Stand van zaken naheffing Attero - Gemeente Alphen

RAADSINFORMATIE
Raadsvergadering: 18 september 2014
Behandelend medewerker: A. Lauwers
Afdeling: Publiekszaken,
Vergunningverlening
Datum Informatie: 22 juli 2014
Nummer: 04c-10-14
Portefeuillehouder: dhr. A. van de Heijning
Onderwerp: Stand van zaken naheffing Attero
1. Inleiding
Voor de verwerking van het ingezamelde huishoudelijk restafval (HRA) en groente-, fruit- en
tuinafval (GFT) hebben alle gemeenten in Noord-Brabant – via hun gewestelijk
samenwerkingsverband - overeenkomsten met Attero (per 1 oktober 2009 de rechtsopvolger
van Essent Milieu, zelf per 18 december 2001 de rechtsopvolger van Afvalsturing Brabant).
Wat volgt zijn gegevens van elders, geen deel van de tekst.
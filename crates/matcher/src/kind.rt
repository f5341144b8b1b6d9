ghost use Rattle.std.specs.Prelude.{◌≡◌};
ghost use Rattle.matcher.specs.Nodes.{ordinal};

// The kinds of matchers.
#[derive(Clone, Copy, PartialEq, Eq, Debug)]
pub enum Kind {
    IsAny,
    IsNever,
    IsStr,
    IsList,
    IsListOf,
    IsTupleOf,
    IsTupleElems,
    IsTupleElems0,
    IsTupleElems1,
    IsTupleElems2,
    IsDict,
    IsDictOf,
    IsSet,
    IsSetOf,
    IsAnyOfTwo,
    IsAnyOf,
    IsCallable,
    IsType,
    IsIterable,
    IsInt,
    IsBool,
    IsNone,
    StarlarkTypeIdMatcher,
    Custom,
}

// The place of a kind in the list of kinds.
impl From<Kind> for u8 {
    ghost from_gives = { λ kind r. r ≡ ordinal kind };

    fn from(kind: Kind) -> u8 {
        kind as u8
    }
}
Deze overeenkomsten stammen uit het midden van de jaren negentig. Met ogen van toen
waren het overeenkomsten die voor de op dat moment voorzienbare toekomst voldeden aan
de eisen en wensen van de gemeenten en gewesten. De afgelopen jaren is duidelijk geworden
dat de overeenkomsten niet meer voldoen aan de huidige situatie.
Samenvatting:
1. Was afvalverwijdering tot 1979 veelal een gemeentelijke aangelegenheid, in de 80-er
jaren namen de gewesten deze taak over als uitvloeisel uit de Afvalstoffenwet en de
motie Lansink (Ladder van Lansink). In de 90-er jaren heeft de provincie
geïnvesteerd in een afvalverbrandingsinstallatie (Moerdijk) en om de aanvoer van
brandbaar afval te garanderen zijn in 1997 diverse verwerkingsovereenkomsten
afgesloten incl. volumeplicht. Hierna verschuift de taak van afvalverwijdering van
provincie naar Attero (toen nog Essent).
2. Vanaf 2007 neemt het aanbod brandbaar huishoudelijk restafval af. Ondanks diverse
pogingen om tot een oplossing te komen, is geen overeenstemming bereikt tussen
partijen.
3. In mei 2014 heeft Attero de Brabantse gewesten een brief gestuurd over de naheffing
volumeplicht.
4. Vanuit de Brabantse gewesten is een gezamenlijke reactie gestuurd naar Attero en
worden ook gesprekken belegd om tot een oplossing te komen.
2. Inhoudelijk
1. Historie
Voor een goed begrip van de huidige contractuele situatie is het onvermijdelijk een blik te
werpen in de geschiedenis van de afvalverwijdering in Noord-Brabant.
1.1 Afvalverwijdering op gemeentelijke schaal (tot 1979)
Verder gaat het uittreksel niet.